How are you applying the MAF filter? - globally, or per population?

The MAF filter is applied globally - I filtered the VCF file for each chromosome using vcftools

vcftools --gzvcf ALL.chr13.phase3_shapeit2_mvncall_integrated_v5b.20130502.genotypes.vcf.gz
--maf 0.05  --max-alleles 2 --recode --remove-indels --stdout


I have not encountered this problem. Usually, more variants == 'better' result.

Maybe I should increase my canvas size and the plots might display. I will try that.

Also, I am unsure what you mean about the --indep option

In the plink forum, when I asked this question, I was adviced to use this option. But my understanding of this option is that it will give a list of variants that are independent and NOT in LD with each other, which is opposite of what I am looking for.

Can you show the code that you are using for all steps?

# extract gene region for each sub population from VCF file
vcf_to_ped_convert.pl -vcf chr12_maf0.05.vcf.gz -sample_panel_file ALL.panel -region 12:112204691−112247782 -population GWD -output_ped gene1.ped -output_info gene1.info
# convert info file into map file
info_to_map.pl gene1.info > gene1.map
# calculate LD
plink1.9 --file gene1 -r2 square --out gene1 --biallelic-only --snps-only
# plot in R
library(gaston)
LD.plot(gene1_matrix)

1
Entering edit mode

In the plink forum, when I asked this question, I was adviced to use this option. But my understanding of this option is that it will give a list of variants that are independent and NOT in LD with each other, which is opposite of what I am looking for.

Yes, it identifies a set of variants that are in 'approximate' linkage equilibrium, and this is achieved by identifying and filtering out other variants that are in disequilibrium, based on a threshold, like r-squared or VIF.

I have not used gaston, unfortunately.

For haploblock analysis, you don't have to filter out any SNPs based on LD; however, you could still apply the Global MAF filter, if you wish. This being said, the haploblocks are very much defined based on r-squared or some other metric.

What you are doing we did previously for comparing 1000 Genomes populations, i.e., comparing their haplo-blocks and -types across a specific gene. If you can take a look at my part 3, here: Manhattan plots and linkage disequilibrium heatmap, and also here for a more complete walkthrough: How do I compute ld blocks from the hapmap ld_data?
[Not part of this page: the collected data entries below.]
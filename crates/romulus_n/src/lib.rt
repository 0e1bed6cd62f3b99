//! Romulus-N over any cipher: nonce-based authenticated encryption.
#![tactic(auto)]

ghost use Rattle.std.specs.Prelude.{◌≡◌, length};
ghost use Rattle.byte_blocks.specs.Counter.{counter};
ghost use Rattle.byte_blocks.specs.Block.{blocks};
ghost use Rattle.cipher.specs.Cipher.{Called};
ghost use Rattle.passes.specs.Passes.{walked, left};
ghost use Rattle.romulus_n.specs.ModeN.{started, closed, n_cost, n_scheme};
ghost use Rattle.romulus_n.specs.Laws.{n_keeps};

use byte_blocks::{block_count, g_block, if_short};
use cipher::Cipher;
use mode::{Costs, Mode, settle};
use passes::{Direction, State};

// The domain byte of a pair of blocks of data.
const DATA_DOMAIN: u8 = 8;

// The domain bytes that end the data, where its last block is short and where it is full.
const SHORT_DATA_DOMAIN: u8 = 26;

const FULL_DATA_DOMAIN: u8 = 24;

// The domain byte between two parts of the text.
const TEXT_DOMAIN: u8 = 4;

// The domain bytes that end the text, where its last block is short and where it is full.
const SHORT_TEXT_DOMAIN: u8 = 21;

const FULL_TEXT_DOMAIN: u8 = 20;

/// Romulus-N. A nonce must not come twice under one key.
#[derive(Clone, Copy)]
pub struct RomulusN;

// Takes data, nonce and text in, the text in its own place and this way. Returns the tag that closes them.
fn pass<C: Cipher>(
    cipher: &mut C,
    key: &[u8; 16],
    nonce: &[u8; 16],
    ad: &[u8],
    way: Direction,
    text: &mut [u8],
) -> [u8; 16]
    ensures text { text.new ≡ walked (C.answer cipher.old) key.now nonce.now 4 way (counter 1) (started (C.answer cipher.old) key.now nonce.now ad.now) (blocks text.old) }
    ensures tag { result ≡ closed (C.answer cipher.old) key.now nonce.now (length text.old) (left (C.answer cipher.old) key.now nonce.now 4 way (counter 1) (started (C.answer cipher.old) key.now nonce.now ad.now) (blocks text.old)) }
    ensures called { Called (C.answer cipher.old) (C.count cipher.old) (n_cost (length ad.now) (length text.old)) (C.answer cipher.new) (C.count cipher.new) }
{
    let data_end = if_short(ad.len(), SHORT_DATA_DOMAIN, FULL_DATA_DOMAIN);
    let text_end = if_short(text.len(), SHORT_TEXT_DOMAIN, FULL_TEXT_DOMAIN);
    let mut state = State::new([0; 16]);
    state.absorb(cipher, key, DATA_DOMAIN, ad);
    state.encipher(cipher, key, nonce, data_end);
    state.walk(cipher, key, nonce, TEXT_DOMAIN, way, text);
    state.encipher(cipher, key, nonce, text_end);
    g_block(&state.block)
}

impl Mode for RomulusN {
    ghost scheme = { n_scheme };

    ghost keeps = { n_keeps };

    fn costs(&self, ad_len: usize, len: usize) -> Costs {
        let calls = (block_count(ad_len) / 2 + 1 + block_count(len)) as u64;
        Costs::alike(calls)
    }

    fn seal_in_place<C: Cipher>(
        &self,
        cipher: &mut C,
        key: &[u8; 16],
        nonce: &[u8; 16],
        ad: &[u8],
        text: &mut [u8],
    ) -> [u8; 16] {
        pass(cipher, key, nonce, ad, Direction::Sealing, text)
    }

    fn open_in_place<C: Cipher>(
        &self,
        cipher: &mut C,
        key: &[u8; 16],
        nonce: &[u8; 16],
        ad: &[u8],
        text: &mut [u8],
        tag: &[u8; 16],
    ) -> bool {
        let made = pass(cipher, key, nonce, ad, Direction::Opening, text);
        settle(&made, tag, text)
    }
}
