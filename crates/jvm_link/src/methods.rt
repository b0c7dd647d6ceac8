//! Methods with their code.
ghost use Rattle.std.specs.Prelude.{◌≡◌, ◌≤◌, ◌<◌, ◌++◌, ◌+◌, map, IfOk, OnOk, None, length, All};
ghost use Rattle.class_definition.specs.Code.{code_fault};
ghost use Rattle.jvm_code.specs.Writing.{AreLaid};
ghost use Rattle.class_definition.specs.Sizes.{size_at};
ghost use Rattle.class_names.specs.Keys.{IsNumbered, classes_in};
ghost use Rattle.class_definition.specs.Linking as linking;
ghost use Rattle.jvm_code.specs.Order.{AreInOrder, IsInOrder};
ghost use Rattle.jvm_link.specs.Parameters.{entry_parameters};

use crate::instructions::linked_instruction;
use crate::kinds::gives_int;
use crate::parameters::{parameters_at, slot_parameters};
use class_names::{Names, NoMemory, NumberedClass, text_of};
use jvm_code::{Line, Method, decode_ops, size};
use jvm_definition::{Kind, LinkedLine, LinkedMethod, Sequence};
use std::alloc::{AllocError, Global};

/// The methods of all classes, class by class.
pub fn linked_methods(alloc: Global, names: &Names) -> Result<Vec<LinkedMethod>, NoMemory>
    requires { length names.now.numbered.classes.items ≤ 1024 }
    ensures methods { IfOk result (λ methods. methods.items
        ≡ linking.linked_methods (classes_in names.now.numbered.classes.items)) }
    ensures laid { IfOk result (λ methods. All IsInOrder methods.items) }
{
    let mut methods = Vec::new(alloc);
    for (number, class) in names.numbered.classes.iter().enumerate() {
        push_methods(alloc, &mut methods, names, number as u16, class)?;
    }
    Ok(methods)
}

// Adds the methods of a class with a number.
fn push_methods(
    alloc: Global,
    methods: &mut Vec<LinkedMethod>,
    names: &Names,
    number: u16,
    class: &NumberedClass,
) -> Result<(), NoMemory>
    requires numbered { IsNumbered names.now.numbered.texts.keys class.now }
    requires laid { All IsInOrder methods.old.items }
    ensures methods { OnOk result (methods.new.items ≡ methods.old.items
        ++ map (linking.linked_method (classes_in names.now.numbered.classes.items)
        number class.now.class.now) class.now.class.now.methods) }
    ensures laid { OnOk result (All IsInOrder methods.new.items) }
{
    let parameters = slot_parameters(alloc, class.class.pool.as_slice())?;
    let parameters = parameters.as_slice();
    for method in class.class.methods.as_slice() {
        let linked = linked_method(alloc, names, number, class, parameters, method)?;
        methods.push(linked)?;
    }
    Ok(())
}

// A method of a class of which the text in each slot names these parameters.
#[tactic(auto, unfolding(class_definition::specs::Linking::linked_method), using(crate::proofs::ParameterLemmas::parameters_are))]
fn linked_method(
    alloc: Global,
    names: &Names,
    number: u16,
    class: &NumberedClass,
    parameters: &[Sequence<Kind>],
    method: &Method,
) -> Result<LinkedMethod, NoMemory>
    requires numbered { IsNumbered names.now.numbered.texts.keys class.now }
    requires parameters { parameters.now ≡ map entry_parameters class.now.class.now.pool }
    requires sound { code_fault method.now.code ≡ None }
    ensures method { IfOk result (λ linked. linked
        ≡ linking.linked_method (classes_in names.now.numbered.classes.items)
        number class.now.class.now method.now) }
    ensures laid { IfOk result IsInOrder }
{
    let gives_int = gives_int(text_of(class.class, method.desc));
    let parameters = parameters_at(alloc, parameters, method.desc)?;
    let code = lines_of(alloc, method.code.as_slice())?;
    let lines = linked_lines(alloc, names, number, class, gives_int, code)?;
    Ok(LinkedMethod {
        parameters: Sequence::new(parameters),
        gives_int,
        stack: method.stack,
        locals: method.locals,
        lines: Sequence::new(lines),
    })
}

// The lines of code without a fault.
fn lines_of(alloc: Global, code: &[u8]) -> Result<Vec<Line>, NoMemory>
    requires { code_fault code.now ≡ None }
    ensures lines { IfOk result (λ lines. lines.items ≡ linking.lines_of_code code.now) }
    ensures laid { IfOk result (λ lines. AreLaid 0 lines.items) }
{
    match decode_ops(alloc, code) {
        Ok(lines) => Ok(lines),
        Err(_) => Err(AllocError),
    }
}

fn linked_lines(
    alloc: Global,
    names: &Names,
    number: u16,
    class: &NumberedClass,
    gives: bool,
    lines: Vec<Line>,
) -> Result<Vec<LinkedLine>, NoMemory>
    requires numbered { IsNumbered names.now.numbered.texts.keys class.now }
    requires laid { AreLaid 0 lines.items }
    ensures lines { IfOk result (λ linked. linked.items
        ≡ map (linking.linked_line (classes_in names.now.numbered.classes.items)
        number class.now.class.now gives) lines.items) }
    ensures laid { IfOk result (λ linked. AreInOrder linked.items) }
{
    let mut linked = Vec::with_capacity(alloc, lines.len())?;
    for line in lines {
        linked.push(linked_line(names, number, class, gives, line))?;
    }
    Ok(linked)
}

fn linked_line(
    names: &Names,
    number: u16,
    class: &NumberedClass,
    gives: bool,
    line: Line,
) -> LinkedLine
    requires numbered { IsNumbered names.now.numbered.texts.keys class.now }
    requires within { line.at + size_at line.at line.op ≤ 65535 }
    ensures { result ≡ linking.linked_line (classes_in names.now.numbered.classes.items)
        number class.now.class.now gives line }
{
    let next = line.at + size(&line.op, line.at);
    LinkedLine {
        at: line.at,
        next,
        instruction: linked_instruction(names, number, class, gives, line.op),
    }
}
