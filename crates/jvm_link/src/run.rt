//! The method with which a program begins.
ghost use Rattle.std.specs.Prelude.{◌≡◌, codes, position, length, ◌≤◌, IfSome, All};
ghost use Rattle.std.specs.Option.{is_some};
ghost use Rattle.class_definition.specs.NameGrammar.{same_text};
ghost use Rattle.class_names.specs.Kept.{IsClass};
ghost use Rattle.class_definition.specs.MemberNames as names;
ghost use Rattle.class_definition.specs.LinkFault.{run_signature, has_run};
ghost use Rattle.class_definition.specs.Linking as linking;

use class_names::text_of;
use jvm_code::{Class, Method};

/// `run` and `()V`.
const RUN: [u16; 3] = [114, 117, 110];

const RUN_DESCRIPTOR: [u16; 3] = [40, 41, 86];

/// The number of the method `run()V` of the first class; None exactly if it has none.
pub fn first_method(classes: &[Class]) -> Option<u32>
    requires { All IsClass classes.now }
    ensures there { is_some result ≡ has_run classes.now }
    ensures found { IfSome result (λ first. first ≡ linking.first_method classes.now) }
{
    match classes.split_first() {
        None => None,
        Some((class, _)) => match run_place(class) {
            None => None,
            Some(place) => Some(place as u32),
        },
    }
}

// The place of the method `run()V` among those of a class.
fn run_place(class: &Class) -> Option<usize>
    ensures { result
        ≡ position (λ m. names.same_signature run_signature (names.method_signature class.now m))
        class.now.methods }
{
    class
        .methods
        .as_slice()
        .iter()
        .position(|method| is_run(class, method))
}

fn is_run(class: &Class, method: &Method) -> bool
    ensures { result ≡ names.same_signature run_signature
        (names.method_signature class.now method.now) }
{
    RUN.as_slice() == text_of(class, method.name)
        && RUN_DESCRIPTOR.as_slice() == text_of(class, method.desc)
}
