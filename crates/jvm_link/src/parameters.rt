//! The types of parameters by the slots of descriptors: a descriptor is read once, however many methods have it.
ghost use Rattle.std.specs.Prelude.{◌≡◌, IfOk, map};
ghost use Rattle.jvm_link.specs.Parameters.{entry_parameters, parameters_at};

use crate::kinds::parameters_of;
use class_names::NoMemory;
use constant_pool::Entry;
use jvm_definition::{Kind, Sequence};
use std::alloc::Global;

/// For each slot of a pool the types of the parameters that its text names as a descriptor.
pub fn slot_parameters(alloc: Global, pool: &[Entry]) -> Result<Vec<Sequence<Kind>>, NoMemory>
    ensures { IfOk result (λ parameters. parameters.items ≡ map entry_parameters pool.now) }
{
    let mut parameters = Vec::new(alloc);
    for entry in pool {
        let kinds = entry_parameters(alloc, entry)?;
        parameters.push(Sequence::new(kinds))?;
    }
    Ok(parameters)
}

fn entry_parameters(alloc: Global, entry: &Entry) -> Result<Vec<Kind>, NoMemory>
    ensures { IfOk result (λ kinds. kinds.items ≡ entry_parameters entry.now) }
{
    match entry {
        Entry::Utf8(text) => parameters_of(alloc, text.as_slice()),
        _ => Ok(Vec::new(alloc)),
    }
}

/// The types of the parameters of the descriptor in a slot, which is counted from 1.
pub fn parameters_at(
    alloc: Global,
    parameters: &[Sequence<Kind>],
    slot: u16,
) -> Result<Vec<Kind>, NoMemory>
    ensures { IfOk result (λ kinds. kinds.items ≡ parameters_at parameters.now slot) }
{
    if slot == 0 {
        return Ok(Vec::new(alloc));
    }
    match parameters.get(slot as usize - 1) {
        Some(kinds) => Vec::from_slice(alloc, kinds.as_slice()),
        None => Ok(Vec::new(alloc)),
    }
}
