//! Instructions that push constants.
ghost use Rattle.std.specs.Prelude.{◌≡◌};
ghost use Rattle.class_definition.specs.PoolChecks.{entry_at};
ghost use Rattle.class_definition.specs.MemberNames.{class_name_at};
ghost use Rattle.class_definition.specs.Linking as linking;

use crate::kinds::is_ints;
use class_names::class_name_at;
use constant_pool::{Entry, entry_of};
use jvm_code::{Class, Iconst, LocalName, ShortIndex};
use jvm_definition::{ArrayKind, Constant, Instruction, LocalKind, ReturnName};
use nv_words::unsigned;

/// The word that `iconst_<n>` pushes.
pub fn iconst_word(name: Iconst) -> u32
    ensures { result ≡ linking.iconst_word name }
{
    match name {
        Iconst::M1 => 0xFFFF_FFFF,
        Iconst::Zero => 0,
        Iconst::One => 1,
        Iconst::Two => 2,
        Iconst::Three => 3,
        Iconst::Four => 4,
        Iconst::Five => 5,
    }
}

/// One that pushes an int.
pub fn pushed_int(n: i32) -> Instruction
    ensures { result ≡ linking.pushed_int n }
{
    Instruction::Push(Constant::Int(unsigned(n)))
}

/// `ldc`, of a class with a number.
pub fn word_constant(number: u16, class: &Class, slot: u16) -> Instruction
    ensures { result ≡ linking.word_constant number (entry_at class.now.pool slot) }
{
    match entry_of(class.pool.as_slice(), slot) {
        Some(Entry::Integer(n)) => pushed_int(*n),
        Some(Entry::Text(text)) => Instruction::Push(Constant::Text(number, *text)),
        _ => Instruction::Wrong,
    }
}

/// `ldc2_w`.
pub fn long_constant(class: &Class, slot: u16) -> Instruction
    ensures { result ≡ linking.long_constant (entry_at class.now.pool slot) }
{
    match entry_of(class.pool.as_slice(), slot) {
        Some(Entry::Long(n)) => Instruction::Push(Constant::Long(n.cast_unsigned())),
        _ => Instruction::Wrong,
    }
}

/// `anewarray`: an array of arrays of ints alone.
pub fn new_pages(class: &Class, slot: u16) -> Instruction
    ensures { result ≡ linking.array_instruction (class_name_at class.now slot) }
{
    if is_ints(class_name_at(class, slot)) {
        Instruction::NewArray(ArrayKind::Pages)
    } else {
        Instruction::Wrong
    }
}

/// A load or store of a local variable.
pub fn local_instruction(name: LocalName, index: u8) -> Instruction
    ensures { result ≡ linking.local_instruction name index }
{
    match name {
        LocalName::Iload => Instruction::Load(LocalKind::Int, index),
        LocalName::Aload => Instruction::Load(LocalKind::Reference, index),
        LocalName::Istore => Instruction::Store(LocalKind::Int, index),
        LocalName::Astore => Instruction::Store(LocalKind::Reference, index),
    }
}

/// The local variable that an opcode names.
pub fn short_index(index: ShortIndex) -> u8
    ensures { result ≡ linking.short_index index }
{
    match index {
        ShortIndex::Zero => 0,
        ShortIndex::One => 1,
        ShortIndex::Two => 2,
        ShortIndex::Three => 3,
    }
}

/// A return, which is of the kind of its method.
pub fn return_instruction(gives: bool, name: ReturnName) -> Instruction
    ensures { result ≡ linking.return_instruction gives name }
{
    match name {
        ReturnName::Ireturn if gives => Instruction::Return(ReturnName::Ireturn),
        ReturnName::Return if !gives => Instruction::Return(ReturnName::Return),
        _ => Instruction::Wrong,
    }
}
The actual comparisons were then just visual, e.g., "this 'haplotype' was observed at higher frequency in South-East Asians when compared to Europeans".

1
Entering edit mode

Thank you so much for your insights! I have a clearer picture of what is to be done now. I had read the part 3 of your tutorial earlier but understood its significance to my problem only now. The ld blocks tutorial makes it clearer.